[Source data]
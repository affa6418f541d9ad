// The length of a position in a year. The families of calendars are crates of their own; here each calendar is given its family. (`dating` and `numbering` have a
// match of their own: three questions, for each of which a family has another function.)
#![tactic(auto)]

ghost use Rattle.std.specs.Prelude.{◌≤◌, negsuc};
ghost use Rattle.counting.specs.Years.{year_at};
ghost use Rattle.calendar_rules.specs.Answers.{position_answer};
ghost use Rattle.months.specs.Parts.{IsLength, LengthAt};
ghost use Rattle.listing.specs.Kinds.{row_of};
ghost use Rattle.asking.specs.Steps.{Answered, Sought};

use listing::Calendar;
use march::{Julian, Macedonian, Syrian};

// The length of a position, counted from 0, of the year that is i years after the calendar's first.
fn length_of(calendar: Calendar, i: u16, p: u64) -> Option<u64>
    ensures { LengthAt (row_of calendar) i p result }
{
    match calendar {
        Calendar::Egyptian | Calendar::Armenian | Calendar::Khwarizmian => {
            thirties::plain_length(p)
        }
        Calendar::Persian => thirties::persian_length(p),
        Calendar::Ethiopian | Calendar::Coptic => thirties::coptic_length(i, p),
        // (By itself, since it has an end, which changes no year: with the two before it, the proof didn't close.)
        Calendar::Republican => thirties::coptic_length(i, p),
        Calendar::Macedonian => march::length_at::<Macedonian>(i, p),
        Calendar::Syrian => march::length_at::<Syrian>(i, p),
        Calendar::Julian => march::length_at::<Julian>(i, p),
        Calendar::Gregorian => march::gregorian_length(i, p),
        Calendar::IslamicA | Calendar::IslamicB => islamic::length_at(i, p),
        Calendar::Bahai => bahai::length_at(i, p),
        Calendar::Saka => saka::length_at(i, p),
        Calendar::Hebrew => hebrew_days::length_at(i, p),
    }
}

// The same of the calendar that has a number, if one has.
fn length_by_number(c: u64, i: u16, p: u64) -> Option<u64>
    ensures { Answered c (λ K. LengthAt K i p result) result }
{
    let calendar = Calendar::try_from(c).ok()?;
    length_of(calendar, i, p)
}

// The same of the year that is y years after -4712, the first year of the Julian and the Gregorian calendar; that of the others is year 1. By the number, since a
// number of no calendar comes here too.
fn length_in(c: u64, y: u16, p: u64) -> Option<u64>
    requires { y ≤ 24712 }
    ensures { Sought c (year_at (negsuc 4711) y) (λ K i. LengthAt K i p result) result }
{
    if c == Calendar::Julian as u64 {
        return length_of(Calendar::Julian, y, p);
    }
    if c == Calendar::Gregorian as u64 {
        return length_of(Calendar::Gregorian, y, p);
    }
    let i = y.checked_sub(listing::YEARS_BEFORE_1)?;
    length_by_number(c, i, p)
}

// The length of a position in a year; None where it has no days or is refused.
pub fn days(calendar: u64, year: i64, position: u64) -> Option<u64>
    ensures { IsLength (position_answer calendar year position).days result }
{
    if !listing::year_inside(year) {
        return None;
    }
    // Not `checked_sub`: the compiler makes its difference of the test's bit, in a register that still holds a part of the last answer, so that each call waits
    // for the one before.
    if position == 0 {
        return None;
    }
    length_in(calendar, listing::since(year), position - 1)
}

- [YOUR GOAL] Repeat the lines above with every word intact.

- [WRITTEN REPLY]
repository affa6418f541d9ad
// The length of a position in a year. The families of calendars are crates of their own; here each calendar is given its family. (`dating` and `numbering` have a
// match of their own: three questions, for each of which a family has another function.)
#![tactic(auto)]

ghost use Rattle.std.specs.Prelude.{◌≤◌, negsuc};
ghost use Rattle.counting.specs.Years.{year_at};
ghost use Rattle.calendar_rules.specs.Answers.{position_answer};
ghost use Rattle.months.specs.Parts.{IsLength, LengthAt};
ghost use Rattle.listing.specs.Kinds.{row_of};
ghost use Rattle.asking.specs.Steps.{Answered, Sought};

use listing::Calendar;
use march::{Julian, Macedonian, Syrian};

// The length of a position, counted from 0, of the year that is i years after the calendar's first.
fn length_of(calendar: Calendar, i: u16, p: u64) -> Option<u64>
    ensures { LengthAt (row_of calendar) i p result }
{
    match calendar {
        Calendar::Egyptian | Calendar::Armenian | Calendar::Khwarizmian => {
            thirties::plain_length(p)
        }
        Calendar::Persian => thirties::persian_length(p),
        Calendar::Ethiopian | Calendar::Coptic => thirties::coptic_length(i, p),
        // (By itself, since it has an end, which changes no year: with the two before it, the proof didn't close.)
        Calendar::Republican => thirties::coptic_length(i, p),
        Calendar::Macedonian => march::length_at::<Macedonian>(i, p),
        Calendar::Syrian => march::length_at::<Syrian>(i, p),
        Calendar::Julian => march::length_at::<Julian>(i, p),
        Calendar::Gregorian => march::gregorian_length(i, p),
        Calendar::IslamicA | Calendar::IslamicB => islamic::length_at(i, p),
        Calendar::Bahai => bahai::length_at(i, p),
        Calendar::Saka => saka::length_at(i, p),
        Calendar::Hebrew => hebrew_days::length_at(i, p),
    }
}

// The same of the calendar that has a number, if one has.
fn length_by_number(c: u64, i: u16, p: u64) -> Option<u64>
    ensures { Answered c (λ K. LengthAt K i p result) result }
{
    let calendar = Calendar::try_from(c).ok()?;
    length_of(calendar, i, p)
}

// The same of the year that is y years after -4712, the first year of the Julian and the Gregorian calendar; that of the others is year 1. By the number, since a
// number of no calendar comes here too.
fn length_in(c: u64, y: u16, p: u64) -> Option<u64>
    requires { y ≤ 24712 }
    ensures { Sought c (year_at (negsuc 4711) y) (λ K i. LengthAt K i p result) result }
{
    if c == Calendar::Julian as u64 {
        return length_of(Calendar::Julian, y, p);
    }
    if c == Calendar::Gregorian as u64 {
        return length_of(Calendar::Gregorian, y, p);
    }
    let i = y.checked_sub(listing::YEARS_BEFORE_1)?;
    length_by_number(c, i, p)
}

// The length of a position in a year; None where it has no days or is refused.
pub fn days(calendar: u64, year: i64, position: u64) -> Option<u64>
    ensures { IsLength (position_answer calendar year position).days result }
{
    if !listing::year_inside(year) {
        return None;
    }
    // Not `checked_sub`: the compiler makes its difference of the test's bit, in a register that still holds a part of the last answer, so that each call waits
    // for the one before.
    if position == 0 {
        return None;
    }
    length_in(calendar, listing::since(year), position - 1)
}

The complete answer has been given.